In Fig. 10 are shown the percentages of bots in a specific bow-tie sector averaged on all the discursive communities in the usual three categories. Globally, the highest percentages can be found in the OUT sector and in the INTENDRILS one: literally, social bots tend to retweet more than to be retweeted. In particular, in the case of OUT-dominant bow-tie, on average the 60% of bots are placed in the OUT sector and to a lesser extent in INTENDRILS (around 25%). In the case of INTEND-dominant bow-ties, we found even above the 60% of bots in INTENDRILS sector. Instead, when the bow-tie structure is absent, OTHERS is the block the contains the greatest number of bots.

Figure 10
figure 10

Percentages of social-bots in each sector of the bow-tie structure for OUT-dominant, INTEND-dominant and not informative bow-ties. This figure collects the percentage of bots in every bow-tie’s sector for discursive communities with OUT-dominant, INTEND-dominant and not informative bow-tie structure. It is easy to note how the highest percentages can be found in the OUT sector, in the INTENDRILS and in the OTHERS one, respectively for the case of OUT-dominant, INTEND-dominant and not informative bow-tie.

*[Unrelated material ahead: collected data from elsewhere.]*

// An outline as people have it, brought to the standard list. Our own, not of documents 01 and 02.
ghost use Rattle.std.specs.Prelude.{◌≡◌, ◌*◌, ◌≤◌, length};
ghost use Rattle.plane.specs.Point.{points, numbers};
ghost use Rattle.plane.specs.Shape.{IsShape};
ghost use Rattle.plane.specs.Floor.{on};
ghost use Rattle.plane.specs.Question.{reply, output};
ghost use Rattle.ring.specs.Ring.{open_ring, ring_corners, ring_shape, ValidRing, ask_ring};
ghost use Rattle.ring.specs.Places.{Started};
ghost use Rattle.answers.specs.Answer.{of_answer};

use answers::{Answer, OnFloor, Refusal};
use polygon::{corners, limits, numbers};
use ring::{inward, places, standard, turns};

// Few points, and their numbers: a small buffer takes less time to clear.
const FEW_POINTS: usize = 128;

const FEW_NUMBERS: usize = 2 * FEW_POINTS;

// Writes the standard list with the corners of a ring at the front of the output, and answers how many they are. The
// ring may be closed by its first point or open, in either sense, begun anywhere, with neighbours repeated and with
// points in line. Points that are all equal make a point, and a way there and back a segment. Nothing is filled up.
// Refused, with the output as it was: 1 to 3, a closing point not counted; 4 for a ring that is not convex, with the
// positions in the list of the corner that turns in and of the corner before it; an output that is too small.
pub fn ring(list: &[i32], floor: u16, out: &mut [i32]) -> Answer<usize>
    ensures { (of_answer result ≡ reply (ask_ring (on list.now floor) out.old))
        × (out.new ≡ output (ask_ring (on list.now floor) out.old)) }
{
    ring::admit(list)?;
    if list.len() <= FEW_NUMBERS {
        let mut few = [0i32; FEW_NUMBERS];
        return ring_in(list, floor, &mut few, out);
    }
    let mut shape = [0i32; limits::POINTS_NUMBERS];
    ring_in(list, floor, &mut shape, out)
}

// The same of a ring that passed 1 to 3, with a lent buffer for its points. Most rings are a shape's list but for their
// beginning and sense; any other is traced by positions.
fn ring_in(list: &[i32], floor: u16, shape: &mut [i32], out: &mut [i32]) -> Answer<usize>
    requires { ValidRing list.now × (2 * length (open_ring (points list.now)) ≤ length shape.old) }
    ensures { (of_answer result ≡ reply (ask_ring (on list.now floor) out.old))
        × (out.new ≡ output (ask_ring (on list.now floor) out.old)) }
{
    let n = ring::open_count(list);
    let start = places::least(list, n);
    if !standard::arranged(list, n, start, shape) {
        return traced(list, n, start, floor, out);
    }
    shown(list, floor, &shape[..2 * n], out)
}

// The same of a ring whose corners are these, and are a shape: 8, or the corners.
fn shown(list: &[i32], floor: u16, shape: &[i32], out: &mut [i32]) -> Answer<usize>
    requires { ValidRing list.now × (shape.now ≡ numbers (ring_shape (points list.now)))
        × IsShape (ring_shape (points list.now)) }
    ensures { (of_answer result ≡ reply (ask_ring (on list.now floor) out.old))
        × (out.new ≡ output (ask_ring (on list.now floor) out.old)) }
{
    if out.len() < shape.len() {
        return Err(Refusal::Room);
    }
    numbers::copy(shape, shape.len(), out, 0);
    Ok(OnFloor {
        answer: corners::count(shape),
        floor,
    })
}

// The same of any ring that passed 1 to 3.
fn traced(list: &[i32], n: usize, start: usize, floor: u16, out: &mut [i32]) -> Answer<usize>
    requires { ValidRing list.now × Started (points list.now) n start }
    ensures { (of_answer result ≡ reply (ask_ring (on list.now floor) out.old))
        × (out.new ≡ output (ask_ring (on list.now floor) out.old)) }
{
    if n <= FEW_POINTS {
        let mut few = [0usize; FEW_POINTS];
        let mut corners = [0usize; FEW_POINTS];
        return traced_in(list, n, start, floor, &mut few, &mut corners, out);
    }
    let mut kept = [0usize; limits::MAX_POINTS];
    let mut bent = [0usize; limits::MAX_POINTS];
    traced_in(list, n, start, floor, &mut kept, &mut bent, out)
}

// The same in lent buffers.
fn traced_in(
    list: &[i32],
    n: usize,
    start: usize,
    floor: u16,
    kept: &mut [usize],
    bent: &mut [usize],
    out: &mut [i32],
) -> Answer<usize>
    requires { ValidRing list.now × Started (points list.now) n start × (n ≤ length kept.old)
        × (n ≤ length bent.old) }
    ensures { (of_answer result ≡ reply (ask_ring (on list.now floor) out.old))
        × (out.new ≡ output (ask_ring (on list.now floor) out.old)) }
{
    let m = ring::trace(list, n, start, kept, bent);
    told(list, floor, &bent[..m], out)
}

// The same of the positions of its corners: 4, then 8, or the corners.
fn told(list: &[i32], floor: u16, places: &[usize], out: &mut [i32]) -> Answer<usize>
    requires { ValidRing list.now × (places.now ≡ ring_corners (points list.now)) }
    ensures { (of_answer result ≡ reply (ask_ring (on list.now floor) out.old))
        × (out.new ≡ output (ask_ring (on list.now floor) out.old)) }
{
    let n = places.len();
    let at = inward::find(list, places);
    if at < n {
        return Err(Refusal::Side {
            shape: 1,
            edge: places[turns::previous(n, at)],
            corner: places[at],
        });
    }
    if out.len() < 2 * n {
        return Err(Refusal::Room);
    }
    ring::write(list, places, out);
    Ok(OnFloor { answer: n, floor })
}
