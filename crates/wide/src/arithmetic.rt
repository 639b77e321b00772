// Inner functions: arithmetic on numbers of any count of words, the lowest word first. A number of no words is 0.
ghost use Rattle.std.specs.Prelude.{◌≡◌, ◌+◌, ◌*◌, ◌/◌, ◌^◌, length, nat_lt};
ghost use Rattle.wide.specs.Value.{value};

// Whether a is less than b, two numbers of as many words: the highest word that differs decides.
pub fn is_less(a: &[u64], b: &[u64]) -> bool
    requires same_length { length a.now ≡ length b.now }
    ensures { result ≡ nat_lt (value a.now) (value b.now) }
{
    for i in (0..a.len()).rev() {
        if a[i] != b[i] {
            return a[i] < b[i];
        }
    }
    false
}

// The product of a and the word w, which has one word more than a.
pub fn scale(a: &[u64], w: u64, out: &mut [u64])
    requires room { length out.old ≡ length a.now + 1 }
    ensures { value out.new ≡ value a.now * w }
{
    let mut carry = 0;
    for i in 0..a.len() {
        (out[i], carry) = a[i].carrying_mul(w, carry);
    }
    out[a.len()] = carry;
}

// The high word of x·y.
pub fn high_product(x: u64, y: u64) -> u64
    ensures { result ≡ x * y / 2 ^ 64 }
{
    x.carrying_mul(y, 0).1
}
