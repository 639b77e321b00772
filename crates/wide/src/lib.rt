// Numbers of many words, and what width asks of them (document 01, "Width").
#![tactic(auto)]

pub mod arithmetic;
mod root;

ghost use Rattle.std.specs.Prelude.{◌≡◌, ◌*◌, ◌<◌, length, nat_lt};
ghost use Rattle.wide.specs.Value.{value};
ghost use Rattle.wide.specs.Root.{RoundedRoot};

// Whether t1·t1/q1 is less than t2·t2/q2 as exact fractions, multiplied out, for numbers of any
// size. Equal fractions are not less.
// Ruled out: carry dropped; carry lost from both words; lowest word not compared.
pub fn fraction_less(t1: u64, q1: u64, t2: u64, q2: u64) -> bool
    ensures { result ≡ nat_lt (t1 * t1 * q2) (t2 * t2 * q1) }
{
    let mut left = [0u64; 3];
    square_times(t1, q2, &mut left);
    let mut right = [0u64; 3];
    square_times(t2, q1, &mut right);
    arithmetic::is_less(&left, &right)
}

// The square root of t·t/q, rounded down; 0 where t·t is below q. The root lies between 0 and t. A number near it is
// tried first, then others, each further off, until it lies between two; then each turn halves what is left.
// Ruled out: root one too large.
pub fn root_of_fraction(t: u64, q: u64) -> u64
    requires positive { 0 < q }
    ensures { RoundedRoot t q result }
{
    let mut low: u64 = 0;
    let mut high = t;
    let mut near = root::near_root(t, q);
    let mut step: u64 = 0;
    while low < high {
        let middle = root::between(low, high, near);
        step = step << 1 | 1;
        if fraction_less(t, q, middle, 1) {
            high = middle - 1;
            near = middle.wrapping_sub(step);
        } else {
            low = middle;
            near = middle.wrapping_add(step);
        }
    }
    low
}

// t·t·q, which three words hold.
fn square_times(t: u64, q: u64, out: &mut [u64])
    requires room { length out.old ≡ 3 }
    ensures { value out.new ≡ t * t * q }
{
    let side = [t];
    let mut square = [0u64; 2];
    arithmetic::scale(&side, t, &mut square);
    arithmetic::scale(&square, q, out);
}
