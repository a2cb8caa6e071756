//! The names of a table's columns, told apart where the header has one more than once.
ghost use Rattle.std.specs.Prelude.{◌≡◌, ◌++◌, ◌∷◌, ◌^◌, ◌<◌, IfErr, IfOk, IfSome, OnOk, [], false, map};
ghost use Rattle.std.specs.Prelude.{nat_eq, true, unwrap_or};
ghost use Rattle.std.specs.Cmp.Lexicographic.{pointwise};
ghost use Rattle.std.specs.List.{list_all, list_any};
ghost use Rattle.csv.specs.Records.{field_at, fields_of};
ghost use Rattle.keyed_columns.specs.Going.{coming_behind, going_behind, name_if_comes, name_if_goes};
ghost use Rattle.keyed_columns.specs.Going.{names_coming, names_going, with_coming, with_going};
ghost use Rattle.keyed_columns.specs.Headers.{name_in, names_behind, numbered_names};
ghost use Rattle.keyed_columns.specs.KeyColumns.{ExplainsKey, ExplainsName, ExplainsRenaming};
ghost use Rattle.keyed_columns.specs.KeyColumns.{PutsName, TellsNames, is_one_column, lacks};
ghost use Rattle.keyed_columns.specs.KeyColumns.{with_two_names};
ghost use Rattle.keyed_columns.specs.Names.{names_in, place_in, renamed, repeats};
ghost use Rattle.keyed_columns.specs.Repeated.{AreRepeated};

use crate::columns::has_name;
use crate::fate::Fate;
use crate::key_record::KeyNames;
use crate::names::Names;
use csv::ByteRecord;
use keyed_faults::Reason;
use keyed_rows::Cells;
use std::alloc::{AllocError, Global};
use std::mem;

/// The names of the columns of a table, no two of which are the same, and which of them stand in its header more than once.
#[derive(Drop)]
pub struct Header {
    pub names: Cells,
    /// How the header spells them.
    pub spelling: Spelling,
    // The same, each found in one step.
    found: Names,
    /// In a table of changes, those of columns that go.
    pub gone: Cells,
    /// And those of columns that come.
    pub came: Cells,
    repeated: Names,
    // The line that it stands on.
    line: u64,
    ghost found_is_names: { names_in found ≡ names },
    ghost repeated_twice: { AreRepeated spelling.spelled (names_in repeated) },
}

/// The names of the columns of a table as its header spells them, the same name as often as it stands there, and those by which they are
/// told apart as the header is read.
#[derive(Drop)]
pub struct Spelling {
    pub names: Cells,
    pub spelled: Cells,
}

impl Header {
    /// No column, as of a file with no row.
    pub fn none(alloc: Global) -> Self
        ensures names { result.names ≡ [] }
        ensures spelled_names { result.spelling.names ≡ [] }
        ensures spelled { result.spelling.spelled ≡ [] }
        ensures gone { result.gone ≡ [] }
        ensures came { result.came ≡ [] }
    {
        Header {
            names: Cells::new(alloc),
            spelling: Spelling {
                names: Cells::new(alloc),
                spelled: Cells::new(alloc),
            },
            found: Names::new(alloc),
            gone: Cells::new(alloc),
            came: Cells::new(alloc),
            repeated: Names::new(alloc),
            line: 0,
        }
    }

    /// The names in the row on a line, after the cells that stand before them: where there are such, it is the header of changes, and the
    /// marks before the names are taken off. Of those that are the same the first is as it stands,
    /// and the others have a number after a point: the second `NAME.2`, or the next number with which no column is named.
    ///
    /// # Errors
    ///
    /// Returns `AllocError` if a request for memory was refused.
    pub fn of_record(
        alloc: Global,
        row: &ByteRecord,
        before: usize,
        line: u64,
    ) -> Result<Self, AllocError>
        ensures names { IfOk result (λ header. repeats [] (names_behind before (fields_of row.now)) ≡ false
            → header.names ≡ names_behind before (fields_of row.now)) }
        ensures spelled_names { IfOk result (λ header. header.spelling.names ≡ header.names) }
        ensures spelled { IfOk result
            (λ header. header.spelling.spelled ≡ names_behind before (fields_of row.now)) }
        ensures gone { IfOk result (λ header. header.gone ≡ names_going before (fields_of row.now)) }
        ensures came { IfOk result (λ header. header.came ≡ names_coming before (fields_of row.now)) }
    {
        let spelled = spelled_names(alloc, row, before)?;
        let there = There::of_record(alloc, row, before)?;
        let mut told = Told::new(alloc);
        // Of each name of the header the number that the last column of this name has, or 0 where none has come.
        let mut numbers: Vec<usize> = Vec::from_elem(alloc, 0, there.each.len())?;
        for place in before..row.len() {
            let (fate, name) = fate_of(before, cell_of(row, place));
            let last = last_number(&numbers, there.each.place_of(name));
            let number = told.put(alloc, &there.each, name, last)?;
            note_number(&mut numbers, there.each.place_of(name), number);
            told.note_fate(fate, name)?;
        }
        told.into_header(alloc, spelled, there.repeated, line)
    }

    /// The header of the same changes taken back: the columns that came go, and those that went come.
    pub fn turn(&mut self)
        ensures { self.new ≡ record self.old { gone = self.old.came; came = self.old.gone } }
    {
        mem::swap(&mut self.gone, &mut self.came);
    }

    /// The names of columns that have no header, of which there are so many: 1, 2 and so on.
    ///
    /// # Errors
    ///
    /// Returns `AllocError` if a request for memory was refused.
    pub fn numbers(alloc: Global, count: usize, line: u64) -> Result<Self, AllocError>
        ensures names { IfOk result (λ header. header.names ≡ numbered_names count) }
        ensures spelled_names { IfOk result (λ header. header.spelling.names ≡ header.names) }
    {
        let mut told = Told::new(alloc);
        for number in 0..count {
            let name = format!(in alloc; "{}", number.saturating_add(1))?;
            told.found.add(alloc, name.as_bytes())?;
        }
        told.into_header(alloc, Cells::new(alloc), Names::new(alloc), line)
    }

    /// Gives the columns of a key, which have the first of their names, the others. A header with no name, as of an empty file, stays so.
    ///
    /// # Errors
    ///
    /// Returns `NoColumn` if the header lacks a column that gets another name, `RepeatedColumn` if it has one more than once, `NamedTwice`
    /// if two columns would have one name, and `NoMemory` if a request for memory was refused.
    pub fn rename(&mut self, alloc: Global, key: &KeyNames) -> Result<(), Reason>
        ensures names { OnOk result
            (self.new.names ≡ map (renamed key.now.first key.now.others) self.old.names) }
        ensures spelling { self.new.spelling ≡ self.old.spelling }
        ensures why { IfErr result
            (ExplainsRenaming self.old.spelling.spelled self.old.names self.old.gone key.now) }
    {
        self.check_key(alloc, &renamed_of(alloc, key)?)?;
        let mut found = Names::new(alloc);
        for name in &self.names {
            let name = key.renamed(name);
            if !found.add(alloc, name)? {
                return Err(Reason::NamedTwice {
                    line: self.line,
                    name: Vec::from_slice(alloc, name)?,
                });
            }
        }
        self.names = found.to_cells(alloc)?;
        self.found = found;
        Ok(())
    }

    /// Where the column of a name stands, if there is one.
    pub fn place_of(&self, name: &[u8]) -> Option<usize>
        ensures place { result ≡ place_in self.now.names name.now }
        ensures bound { IfSome result (λ place. place < 2 ^ 63) }
    {
        self.found.place_of(name)
    }

    /// Tells that each name of a key is that of one column, and of one that does not go. A header with no name, as of an empty file, needs
    /// none.
    ///
    /// # Errors
    ///
    /// Returns `NoColumn` if the header lacks a name, or its column goes, `RepeatedColumn` if it has one more than once, and `NoMemory` if
    /// a request for memory was refused.
    pub fn check_key(&self, alloc: Global, key: &Cells) -> Result<(), Reason>
        ensures known { OnOk result (list_all
            (is_one_column self.now.spelling.spelled self.now.names self.now.gone) key.now ≡ true) }
        ensures why { IfErr result
            (ExplainsKey self.now.spelling.spelled self.now.names self.now.gone key.now) }
    {
        for name in key {
            self.check_name(alloc, name)?;
        }
        Ok(())
    }

    // Tells the same of one name.
    fn check_name(&self, alloc: Global, name: &[u8]) -> Result<(), Reason>
        ensures known { OnOk result
            (is_one_column self.now.spelling.spelled self.now.names self.now.gone name.now ≡ true) }
        ensures why { IfErr result
            (ExplainsName self.now.spelling.spelled self.now.names self.now.gone name.now) }
    {
        if self.repeated.has(name) {
            return Err(Reason::RepeatedColumn {
                line: self.line,
                name: Vec::from_slice(alloc, name)?,
            });
        }
        if self.lacks(name) {
            return Err(Reason::NoColumn {
                line: self.line,
                name: Vec::from_slice(alloc, name)?,
                header: self.names.clone()?,
            });
        }
        Ok(())
    }

    // Whether there are columns, and none of this name that stays.
    fn lacks(&self, name: &[u8]) -> bool
        ensures { result ≡ lacks self.now.names self.now.gone name.now }
    {
        !self.names.is_empty() && (has_name(&self.gone, name) || !self.found.has(name))
    }
}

It is worth to be mentioned is that the higher percentages of bots in the strongly connected component can be found in the right-oriented discursive communities. For instance, in the Italian COVID-19 dataset the percentage of bots in the SCC for the DX is the 7%, while for all the others it does not overcome the 2%. Such a situation is particularly dangerous, since the fact that social bots are able of being retweeted by human users (as it is the case for accounts in SCC) means that are able to pass off themselves as genuine accounts.